CRB: La UME tiene evidentes connotaciones positivas en términos
económicos, porque inyecta fuerzas contenedoras de la inflación
y los tipos de interés, que a países "díscolos"
como España le han venido de perlas. Lo malo, naturalmente,
es que las bases de los sistemas bancarios permanecen intactas,
y el euro es otra moneda fiduciaria, un invento de los políticos
y aunque han tomado todas las cautelas posibles para transmitir
la imagen de que no van a interferir con esta criatura suya, lo
cierto es que lo hacen todo el tiempo, desde la fundación
misma del Banco Central Europeo hasta los últimos reproches
recíprocos entre su presidente Wim Duisenberg y el canciller
Schröeder.
ML: ¿Considera que Inglaterra hizo bien en no ingresar
a dicha Unión Monetaria?
CRB: Sí, fue una medida prudente, aunque los británicos
corrían el riesgo de perder la primacía de la plaza
londinense.
ML: ¿Es la Unión Europea una instancia intermedia
de integración comercial con el resto del mundo o su objetivo
es sólo liberalizar el comercio entre los países miembros?
CRB: Creo que ninguna de las dos cosas. La UE es una creación
política, con objetivos políticos desde su origen,
algunos legítimos, como garantizar la paz de un continente
probadamente predispuesto a la masacre, y otros no, como el crecimiento
de un nuevo poder sito en Bruselas y listo para reproducir los conocidos
fallos de los viejos Estados nacionales.
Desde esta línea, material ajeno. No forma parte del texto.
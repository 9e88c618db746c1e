//! Tests of files and sinks, in memory and of the system.
#![tactic(auto)]

#[cfg(test)]
mod fakes;
#[cfg(test)]
mod memory;
#[cfg(test)]
mod real;
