// The plain stream of a stream that a call has taken, written as far as there is room. No page is drawn and no state handed in; the state's functions are
// those of a run. Nothing is refused: a measure within 4,800 by 6,800 dots and a stream of at most 1,048,576 bytes are asked for.
#![tactic(auto)]

ghost use Rattle.std.specs.Prelude.{◌≡◌, true, List, ℕ, ◌+◌, ◌-◌, ◌≤◌, min, length, take};
ghost use Rattle.common.specs.Stores.{Puts};
ghost use Rattle.rules.specs.Measure.{longest_stream};
ghost use Rattle.theorems.specs.Facts.{Fits};
ghost use Rattle.read_item.specs.Items.{item_in, from_of, to_of};
ghost use Rattle.plain_item.specs.Plain.{PutsShort, plain_item};
ghost use Rattle.plain_stream.specs.Runs.{text_run};
ghost use Rattle.plain_stream.specs.Staying.{stays};
ghost use Rattle.plain_stream.specs.Walked.{walked};

use do_item::do_item;
use plain_item::write_item;
use plain_short::{write_code, write_one};
use read_item::{Item, is_text, read_item};
use row_piece::copy;
use rules::{Command, Finding, Page};
use run_items::{is_over, text_next};
use state_afresh::afresh;
use state_pen::pen_of;

// How many bytes at the front are text.
fn text_run(s: &[u8]) -> usize
    ensures { (result ≡ text_run s.now) × (result ≤ length s.now) }
{
    for (n, b) in s.iter().enumerate() {
        if !is_text(*b) {
            return n;
        }
    }
    s.len()
}

// The text at the front, as far as it is wanted: up to the byte with which more than `most` bytes are written, behind which nothing is looked at. What is
// given is how many bytes that is.
fn write_text(s: &[u8], room: &mut [u8], end: usize, most: usize) -> usize
    requires { end ≤ most }
    ensures { (result ≡ min (text_run s.now) (most - end + 1)) × Puts room.old end (take result s.now) room.new (end + result) }
{
    let wanted = (most - end).saturating_add(1);
    let n = text_run(&s[..wanted.min(s.len())]);
    copy(room, end, s, 0, n);
    n
}

// Whether an item changes nothing that an item's meaning looks at. By `matches!` commands take longer (docs/DESIGN-PASS.md).
fn stays(i: Item) -> bool
    ensures { (s : List ℕ) → result ≡ stays (item_in s i) }
{
    match i {
        Item::Text(_) | Item::Code(_) | Item::Broken(_) => true,
        Item::Two(_) => false,
        Item::Command { command, .. } => command == Command::Unknown,
    }
}

// Such an item in the plain stream: nothing is written for broken pieces and for commands that are not known.
fn write_still(i: Item, room: &mut [u8], at: usize) -> usize
    requires { (at ≤ 1099511627775) × ((s : List ℕ) → stays (item_in s i) ≡ true) }
    ensures { (s row : List ℕ) (f : Finding) → PutsShort room.old at (plain_item (item_in s i) f row) room.new result }
{
    match i {
        Item::Text(b) => write_one(b, room, at),
        Item::Code(b) => write_code(b, room, at),
        _ => at,
    }
}

// An item that is done, in the plain stream: a row is the front of the seed row that it left.
fn write_done(
    s: &[u8],
    i: Item,
    f: Finding,
    seed: &[u8],
    wide: usize,
    room: &mut [u8],
    at: usize,
) -> usize
    requires { (from_of i ≤ to_of i) × (to_of i ≤ length s.now) × (to_of i ≤ from_of i + 32767) × (wide ≤ 600) × (wide ≤ length seed.now) × (at ≤ 1099511627775) }
    ensures { PutsShort room.old at (plain_item (item_in s.now i) f (take wide seed.now)) room.new result }
{
    write_item(s, i, f, &seed[..wide], room, at)
}

// The stream walked from its start, afresh, to its end: what changes nothing that an item's meaning looks at is written here, all else is done by
// `do_item`. What is drawn falls on a page of no bytes. What an item means hangs on no cursor, so text and codes do not move the pen here, and there is no
// stack: a pop leaves the pen where it is, and its depth is what counts. The walk ends early, behind the item with which more than `most` bytes are written.
pub fn write_stream(g: Page, s: &[u8], room: &mut [u8], most: usize) -> usize
    requires { Fits g × (length s.now ≤ longest_stream) }
    ensures { Puts room.old 0 (walked g most s.now) room.new result }
{
    let t = afresh(g);
    let mut pen = pen_of(t.core);
    let mut seed = t.core.seed;
    let mut beside = t.beside;
    let mut sequence = t.sequence;
    let mut at = 0;
    let mut end = 0;
    // A turn takes one item, or a run of text, so its step is the item's own. The room is no Writer's: a walk counts also what the room does not hold, and
    // `write_stream` is to say how long the plain stream is whatever the room.
    loop {
        if most < end {
            return end;
        }
        if text_next(s, at, sequence) {
            let n = write_text(&s[at..], room, end, most);
            at += n;
            end += n;
            continue;
        }
        if is_over(s, at, sequence) {
            return end;
        }
        let r = read_item(s, at, sequence);
        sequence = r.sequence;
        at = r.next;
        if stays(r.item) {
            end = write_still(r.item, room, end);
            continue;
        }
        let d = do_item(&mut room[0..0], g, s, r.item, pen, beside, &mut seed);
        pen = d.pen;
        beside = d.beside;
        end = write_done(s, r.item, d.finding, &seed, g.wide(), room, end);
    }
}
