// Small total functions over machine words: sets of at most 64 leaves as the bits of a number, bit p for the leaf p, and numbers.
#![tactic(auto)]

ghost use Rattle.std.specs.Prelude.{◌≡◌, ℕ, ◌&&◌, ◌||◌, ◌<◌, refl, min, length, MatchOption};
ghost use Rattle.std.specs.Int.Bits.{bit_or};
ghost use Rattle.words.specs.Sets.{has_bit, with_leaf, with_leaf_if, TakenFrom};

// How many leaves a set can have.
pub const LEAVES: usize = 64;

// The least leaf of a set, and the others.
#[derive(Clone, Copy)]
pub struct Taken {
    pub leaf: usize,
    pub rest: u64,
}

// A word of the machine: a number below a limit, and the bits of two as the bits of one.
pub trait Word: Copy {
    ghost number: { Self → ℕ };

    ghost limit: { ℕ };

    ghost joined: { Self → Self → Self };

    fn wide(self) -> usize
        ensures wide { (result ≡ number self) × (result < limit) };

    fn union(self, other: Self) -> Self
        ensures union { result ≡ joined self other };

    // The union has the bits of both.
    ghost bits: { (x y : Self) → number (joined x y) ≡ bit_or (number x) (number y) };
}

impl Word for u8 {
    ghost number = { λ x. x };

    ghost limit = { 256 };

    ghost joined = { bit_or };

    ghost bits = { λ x y. refl };

    fn wide(self) -> usize {
        usize::from(self)
    }

    fn union(self, byte: u8) -> u8 {
        self | byte
    }
}

impl Word for u16 {
    ghost number = { λ x. x };

    ghost limit = { 65536 };

    ghost joined = { bit_or };

    ghost bits = { λ x y. refl };

    fn wide(self) -> usize {
        usize::from(self)
    }

    fn union(self, pair: u16) -> u16 {
        self | pair
    }
}

impl Word for u64 {
    ghost number = { λ x. x };

    ghost limit = { 18446744073709551616 };

    ghost joined = { bit_or };

    ghost bits = { λ x y. refl };

    fn wide(self) -> usize {
        self as usize
    }

    fn union(self, other: u64) -> u64 {
        self | other
    }
}

// The word as a number.
pub fn wide<W: Word>(x: W) -> usize
    ensures same { (result ≡ W.number x) × (result < W.limit) }
{
    x.wide()
}

// The bits of both.
pub fn union<W: Word>(x: W, y: W) -> W
    ensures union { result ≡ W.joined x y }
{
    x.union(y)
}

// Whether the set has the leaf p.
pub fn has(x: u64, p: usize) -> bool
    ensures member { result ≡ has_bit x p }
{
    p < LEAVES && x >> p & 1 == 1
}

// The set x with the leaf p, if there can be one.
pub fn with(x: u64, p: usize) -> u64
    ensures with { result ≡ with_leaf x p }
{
    if p < LEAVES {
        return x | 1 << p;
    }
    x
}

// The same if `is`. The flag is no switch of steps: a bit is put in or not, and the loops that gather bits have no branch.
pub fn with_if(is: bool, x: u64, p: usize) -> u64
    ensures with { result ≡ with_leaf_if is x p }
{
    if is {
        return with(x, p);
    }
    x
}

// The least leaf of the set, and the others, if it is not empty.
pub fn take_least(x: u64) -> Option<Taken>
    ensures taken { MatchOption result (x ≡ 0) (TakenFrom x) }
{
    if x == 0 {
        return None;
    }
    Some(Taken {
        leaf: u64::trailing_zeros(x) as usize,
        rest: x & x - 1,
    })
}

// The smaller number: `min` as a function, with its equation. No crate here calls it; it stays for those who do.
pub fn least(a: usize, b: usize) -> usize
    ensures least { result ≡ min a b }
{
    a.min(b)
}

// Both operands are worked out, so that a caller's loop has no branch at the second.
pub fn both(a: bool, b: bool) -> bool
    ensures both { result ≡ (a && b) }
{
    a && b
}

// The same of one or the other.
pub fn either(a: bool, b: bool) -> bool
    ensures either { result ≡ (a || b) }
{
    a || b
}

// The length of a slice. No crate here calls it: it stays for whoever uses this crate.
pub fn length_of(s: &[u8]) -> usize
    ensures length { result ≡ length s.now }
{
    s.len()
}
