//! A text said by its parts, each of a type that knows its text: a fixed text, a tuple of parts, a part that stands where
//! something is so, one of two, or each of a list. What a number or a byte looks like, other crates say.
//!
//! A line is one call: `say(out, ("item ", Number(12), When(is_open, ", open"), "\n"))` says `item 12, open` and the end of
//! the line, where `is_open` holds. A tuple has up to twelve parts: a longer row is a tuple of tuples.
#![tactic(auto)]

mod choices;
mod part;
mod tuples;

pub use choices::{Each, Either, When};
pub use part::{Part, say};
Para esos objetivos políticos
se inventó el euro, se lanzó la consigna de la Europa
unida frente a Estados Unidos, se proclamó la cultura de
la estabilidad de precios y se abrieron las fronteras, pero sólo
para los países miembros y no siempre con gran entusiasmo:
véase el actual conflicto franco-británico a propósito
de las "vacas locas".
ML: ¿Qué país europeo produjo últimamente
avances en materia de reformas económicas estructurales?
CRB: Sin duda alguna Polonia, un país pobre y con amplios
conocimientos empíricos de lo que significa el intervencionismo
económico. A comienzos de 1999 Polonia reformó las
pensiones, y pasó a un sistema de reparto. Es el primer país
europeo que toma este paso. No hay que perder (del todo) las esperanzas.